Have ANHEL123 come in here and drop some knowledge on you all!!

I'm just kidding.

I think binumee is the same deal as ANHEL123... language barrier.

Keep the ridiculousness coming, it's very entertaining.


----------



## JKfish (Apr 8, 2010)

This isn't anything I've heard recently, and it wasn't from a petstore employee (THANK GOD!) but I still remember this one person saying "Bettas can breath air, so I'm pretty sure if you wanted to, you could just keep them in a damp container all their life. I mean, so long as they are wet, they'll live, right?"

Edit: Binumee, you know all the stuff we are posting that petstore employees said is a load of crap, right? or are you being sarcastic, I can't really tell


----------



## fishman12 (Sep 1, 2010)

I learned that female bettas can live with goldfish. Goldfish. And also that bettas don't like to be in more than 2.5 gallons. and that they like the dark.


----------



## Katie Loo (Sep 29, 2010)

Hi this is my 1st post. My Daughter got her 1st Betta (Merlin) last week. We've both been lurking here for a couple of months learning (great info thanks xx)

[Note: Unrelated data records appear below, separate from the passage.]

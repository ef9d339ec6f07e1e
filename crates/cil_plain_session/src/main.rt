//! The session of the engine that compiles anew, over the real streams, to compare with the session of `cilsem`. It reads no words.
#![tactic(auto)]

use cil_session::outcome::exit_status;
use cil_session::session::session;
use cil_store::Plain;
use cil_stream::{ReaderSource, WriterSink};
use std::io;
use std::io::BufWriter;
use std::process::ExitCode;

fn main(rt: HostRuntime) -> io::Result<ExitCode> {
    let mut source = ReaderSource::new(rt.reader());
    let mut out = WriterSink::new(BufWriter::new(rt.alloc(), io::writer(&rt))?);
    let mut engine = Plain::new(rt.alloc());
    let end = session(rt.alloc(), &mut source, &mut out, &mut engine);
    Ok(ExitCode::from(exit_status(end)))
}
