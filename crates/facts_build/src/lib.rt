// What is known of each rule, made from the rows of the rules that it names and written into its row.
#![tactic(auto)]

ghost use Rattle.std.specs.Prelude.{◌≡◌};
ghost use Rattle.work_rows.specs.Rows.{first_rules};
ghost use Rattle.facts.specs.Facts.{Built, In};
ghost use Rattle.rule.specs.declared.Rule.{Rule};
ghost use Rattle.facts_build.specs.RuleFacts.{put_rule_facts, own_facts, known_facts, stepping_facts, BothSteps, rule_facts_of};
ghost use Rattle.facts_build.specs.Buildable.{Buildable};
ghost use Rattle.facts.specs.Build.{Ready};

use facts::Link;
use rule::Rule;
use side::Side;

// What is known of a rule.
#[derive(Clone, Copy)]
struct RuleFacts {
    representative: u16,
    empty: bool,
    left: Link,
    right: Link,
}

impl RuleFacts {
    // Of a rule r that has no step.
    fn own(r: u16, empty: bool) -> RuleFacts
        ensures { result ≡ own_facts r empty }
    {
        RuleFacts {
            representative: r,
            empty,
            left: Link::own(r),
            right: Link::own(r),
        }
    }

    // What the row of rule r says.
    fn read(work: &[u8], r: u16) -> RuleFacts
        requires { In work.now r }
        ensures { result ≡ known_facts work.now r }
    {
        RuleFacts {
            representative: facts::representative_at(work, r),
            empty: facts::is_empty_at(work, r),
            left: Link::read(work, Side::Left, r),
            right: Link::read(work, Side::Right, r),
        }
    }

    // Of a rule r that steps to one rule on the left and to one on the right.
    fn stepping(work: &[u8], r: u16, left: u16, right: u16) -> RuleFacts
        requires { BothSteps work.now left right }
        ensures { result ≡ stepping_facts work.now r left right }
    {
        RuleFacts {
            representative: r,
            empty: false,
            left: Link::from(work, Side::Left, left),
            right: Link::from(work, Side::Right, right),
        }
    }

    // Of a pair r of rules: with one side empty, what is known of the other.
    fn of_pair(work: &[u8], r: u16, first: u16, second: u16) -> RuleFacts
        requires { Ready (Rule.Pair first second) work.now }
        ensures { result ≡ rule_facts_of work.now r (Rule.Pair first second) }
    {
        if facts::is_empty_at(work, first) {
            return RuleFacts::read(work, second);
        }
        if facts::is_empty_at(work, second) {
            return RuleFacts::read(work, first);
        }
        let left = facts::representative_at(work, first);
        let right = facts::representative_at(work, second);
        RuleFacts::stepping(work, r, left, right)
    }

    // All that is known of rule r, from the rows of the rules that it names.
    fn of(work: &[u8], r: u16, rule: Rule) -> RuleFacts
        requires { Ready rule work.now }
        ensures { result ≡ rule_facts_of work.now r rule }
    {
        match rule {
            Rule::Pair { first, second } => RuleFacts::of_pair(work, r, first, second),
            Rule::Join { outer, inner } => RuleFacts::stepping(work, r, outer, inner),
            Rule::Empty => RuleFacts::own(r, true),
            Rule::Node { .. } | Rule::Fill { .. } | Rule::Part { .. } => RuleFacts::own(r, false),
        }
    }

    // These facts into row r.
    fn write(self, work: &mut [u8], r: u16)
        requires { In work.old r }
        ensures { work.new ≡ put_rule_facts work.old r self }
    {
        work_rows::put16(work, r, Link::REPRESENTATIVE, self.representative);
        work_rows::put16(work, r, Link::EMPTINESS, u16::from(self.empty));
        self.left.write(work, Side::Left, r);
        self.right.write(work, Side::Right, r);
    }
}

// What is known of each of n rules, into their rows, in the order that stands behind the rows: each rule after those that it names.
pub fn build(work: &mut [u8], n: u16)
    requires { Buildable n work.old }
    ensures { Built (first_rules work.old n) n work.old work.new }
{
    for i in 0..n {
        let r = work_rows::order_at(work, n, i);
        let rule = work_rows::rule_at(work, r);
        let facts = RuleFacts::of(work, r, rule);
        facts.write(work, r);
    }
}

Merlin came from a good aquarium shop the owner tested our water and gave good advice before we bought him. My son has decided he wants his own Betta so just out of interest we went to our local pet shop to look at tanks. I explained to the owner I was looking for a 5 or 10 gallon to keep a Betta in when we'd cycled it.

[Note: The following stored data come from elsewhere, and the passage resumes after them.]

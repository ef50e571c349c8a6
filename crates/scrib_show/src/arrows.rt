//! The arrows of a diagram.

ghost use Rattle.std.specs.Prelude.{◌≡◌, ◌≤◌, ◌++◌, IfOk, OnOk, drop, length, false, true};
ghost use Rattle.scrib_global.specs.Explained.{flight};
ghost use Rattle.scrib_show.specs.ChartLines as chart;

use crate::participants::push_alias;
use scrib_global::explain::Flight;
use scrib_types::event::Event;
use scrib_types::name::Role;
use scrib_types::shared_event::SharedEvent;
use scrib_types::shared_message::SharedMessage;
use scrib_types::text::{push_bytes, push_message};
use std::alloc::AllocError;

// How many messages the log's receptions receive.
pub(crate) fn count_received(log: &[SharedEvent]) -> usize
    ensures is { result ≡ length (chart.received log.now) }
    ensures few { result ≤ length log.now }
{
    let mut count = 0;
    for event in log {
        if is_reception(event.get()) {
            count += 1;
        }
    }
    count
}

// Whether the event is a reception.
fn is_reception(event: &Event) -> bool
    ensures { result ≡ chart.is_reception event.now }
{
    matches!(event, Event::Received { .. })
}

// Adds an arrow for each message that was received, but for the first ones. It fails where memory for the longer text
// is refused, as do the functions below.
pub(crate) fn push_received(
    out: &mut Vec<u8>,
    roles: &[Role],
    log: &[SharedEvent],
    left_out: usize,
) -> Result<(), AllocError>
    ensures { OnOk result (out.new.items ≡ out.old.items
        ++ chart.arrow_lines roles.now false (drop left_out (chart.received log.now))) }
{
    let mut left = left_out;
    for event in log {
        left = push_reception(out, roles, event.get(), left)?;
    }
    Ok(())
}

// Adds the arrow of the event where it is a reception, and none is left to be left out. Returns how many are left then.
fn push_reception(
    out: &mut Vec<u8>,
    roles: &[Role],
    event: &Event,
    left: usize,
) -> Result<usize, AllocError>
    ensures { IfOk result (λ more.
        chart.AddsReception roles.now event.now left more out.old.items out.new.items) }
{
    match event {
        Event::Received { from, to, message } => {
            if left > 0 {
                return Ok(left - 1);
            }
            let arrow = Arrow {
                from,
                to,
                message,
                open_head: false,
            };
            push_arrow(out, roles, arrow)?;
            Ok(0)
        }
        _ => Ok(left),
    }
}

// Adds an open arrow for each message in flight, but for the first ones.
pub(crate) fn push_open(
    out: &mut Vec<u8>,
    roles: &[Role],
    flights: &[Flight],
    left_out: usize,
) -> Result<(), AllocError>
    requires { left_out ≤ length flights.now }
    ensures { OnOk result
        (out.new.items ≡ out.old.items ++ chart.arrow_lines roles.now true (drop left_out flights.now)) }
{
    for i in left_out..flights.len() {
        let arrow = Arrow {
            from: &flights[i].from,
            to: &flights[i].to,
            message: &flights[i].message,
            open_head: true,
        };
        push_arrow(out, roles, arrow)?;
    }
    Ok(())
}

// A message between two roles, and whether its arrow has an open head.
#[derive(Clone, Copy)]
struct Arrow<'a> {
    from: &'a Role,
    to: &'a Role,
    message: &'a SharedMessage,
    open_head: bool,
}

// Adds the line of the message.
#[tactic(auto, unfolding(crate::specs::ChartLines::arrow_line))]
fn push_arrow(out: &mut Vec<u8>, roles: &[Role], arrow: Arrow<'_>) -> Result<(), AllocError>
    ensures { OnOk result (out.new.items ≡ out.old.items ++ chart.arrow_line roles.now arrow.entry.open_head
        (flight arrow.entry.from.now arrow.entry.to.now arrow.entry.message.now)) }
{
    push_bytes(out, b"    ")?;
    push_alias(out, role_place(arrow.from, roles))?;
    push_bytes(out, arrow_text(arrow.open_head).as_bytes())?;
    push_alias(out, role_place(arrow.to, roles))?;
    push_bytes(out, b": ")?;
    push_message(out, arrow.message.get())?;
    push_bytes(out, b"\n")
}

// The arrow.
fn arrow_text(open_head: bool) -> &'static str
    ensures { result.now ≡ chart.arrow open_head }
{
    if open_head { "-)" } else { "->>" }
}

// The place of the role among these, from 1.
fn role_place(role: &Role, roles: &[Role]) -> usize
    ensures { result ≡ chart.role_place role.now roles.now }
{
    for i in 0..roles.len() {
        if role.equal(&roles[i]) {
            return i + 1;
        }
    }
    roles.len() + 1
}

Owner= "Oh no you don't want to get one of them. Can't keep them alive. No one can that's why I don't sell them. They drop dead soon as you look at them. Don't ever last longer than a couple of months."

Me= "I've been reading up on the web as long as I follow the right advice on care they can live several years"

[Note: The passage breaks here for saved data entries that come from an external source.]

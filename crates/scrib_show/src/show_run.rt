//! Runs a script piece by piece, without output, and keeps the lines of one conversation's events.

use crate::line_monitor::LineMonitor;
use scrib_script_io::fault::ScriptFault;
use scrib_script_reader::limits::Limits;
use scrib_script_reader::script::Script;
use std::alloc::Global;

/// A script that runs over a monitor.
#[derive(Drop)]
pub(crate) struct ShowRun {
    script: Script,
    monitor: LineMonitor,
}

impl ShowRun {
    ghost use Rattle.std.specs.Prelude.{◌≡◌, ◌<◌, ◌+◌, ◌^◌, true, length, IfOk, IfErr, OnOk};
    ghost use Rattle.scrib_script_io.specs.Faults.{of_script};
    ghost use Rattle.scrib_show.specs.Progress.{IsNewRun, FollowsBytes, FollowsFront, FollowsEnd};

    // A run before the first byte of its script, which has these limits.
    pub fn new(alloc: Global, limits: Limits, id: u32) -> ShowRun
        requires { limits.lines + 1 < 2 ^ 64 }
        ensures { IsNewRun limits id result }
    {
        ShowRun {
            script: Script::with_limits(alloc, limits),
            monitor: LineMonitor::new(alloc, id),
        }
    }

    // The monitor after the steps so far.
    pub fn into_monitor(self) -> LineMonitor
        ensures { result ≡ self.monitor }
    {
        self.monitor
    }

    // Consumes the next bytes of the script, and makes the steps that they spell. It fails with `Read` in the line of
    // the first byte past the limits, and with `OutOfMemory` where memory is refused.
    pub fn take_piece(&mut self, piece: &[u8]) -> Result<(), ScriptFault>
        ensures ok { OnOk result (FollowsBytes self.old self.new piece.now) }
        ensures fault { IfErr result (λ e. of_script e ≡ true) }
    {
        let mut rest = piece;
        while !rest.is_empty() {
            rest = self.take_next(rest)?;
        }
        Ok(())
    }

    // The same up to the end of the next line. Returns the bytes that are left.
    fn take_next<'a>(&mut self, piece: &'a [u8]) -> Result<&'a [u8], ScriptFault>
        ensures ok { IfOk result (λ rest. FollowsFront self.old self.new piece.now rest.now) }
        ensures shorter { IfOk result (λ rest. 0 < length piece.now → length rest.now < length piece.now) }
        ensures fault { IfErr result (λ e. of_script e ≡ true) }
    {
        let number = self.script.lines() + 1;
        let (entry, rest) = self.script.next_entry(piece)?;
        let Some(entry) = entry else {
            return Ok(rest);
        };
        self.monitor.take(entry, number)?;
        Ok(rest)
    }

    // Makes the step of the last line, if it has one. It fails where memory is refused.
    pub fn finish(&mut self) -> Result<(), ScriptFault>
        ensures ok { OnOk result (FollowsEnd self.old self.new) }
        ensures fault { IfErr result (λ e. of_script e ≡ true) }
    {
        let number = self.script.lines() + 1;
        let last = self.script.last_entry()?;
        let Some(entry) = last else {
            return Ok(());
        };
        self.monitor.take(entry, number)
    }
}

Owner="No love hardest fish to keep alive."

Me="Keep your voice down mate my daughter over there has just got one"

Owner="You are wasting your time on it. It'll be dead soon when it is get a goldfish much easier to keep"

At which point we left without buying anything and at daughter's instance had to run home to check Merlin was still with us (he was and still is! ;-))

So I learnt Bettas can't be kept alive. You lot must have little stuffed ones or maybe they are robots??


----------



## The Fighter (Sep 19, 2010)

just asking what is the lifespan of a betta isnt it like 5 years or something


----------



## The Fighter (Sep 19, 2010)

i had my old betta for 3-4 years and he had no filter i just did 100% water changes

R.I.P saphy a good fighter


----------



## vaygirl (Sep 10, 2009)

Katie Loo said:


> Hi this is my 1st post. My Daughter got her 1st Betta (Merlin) last week. We've both been lurking here for a couple of months learning (great info thanks xx)
> 
> Merlin came from a good aquarium shop the owner tested our water and gave good advice before we bought him. My son has decided he wants his own Betta so just out of interest we went to our local pet shop to look at tanks. I explained to the owner I was looking for a 5 or 10 gallon to keep a Betta in when we'd cycled it.
> 
> ...



Yes, mine are robots. My secret is out. 

Your post cracked me up. I wonder WHY they don't live very long. This post and all the crazy advice out there maybe?


----------



## FuulieQ (Jan 10, 2010)

dipsydoodlenoodle said:


> Ok apart from the obvious stupidness of this idea...why would you want to glue a cup to the wall!?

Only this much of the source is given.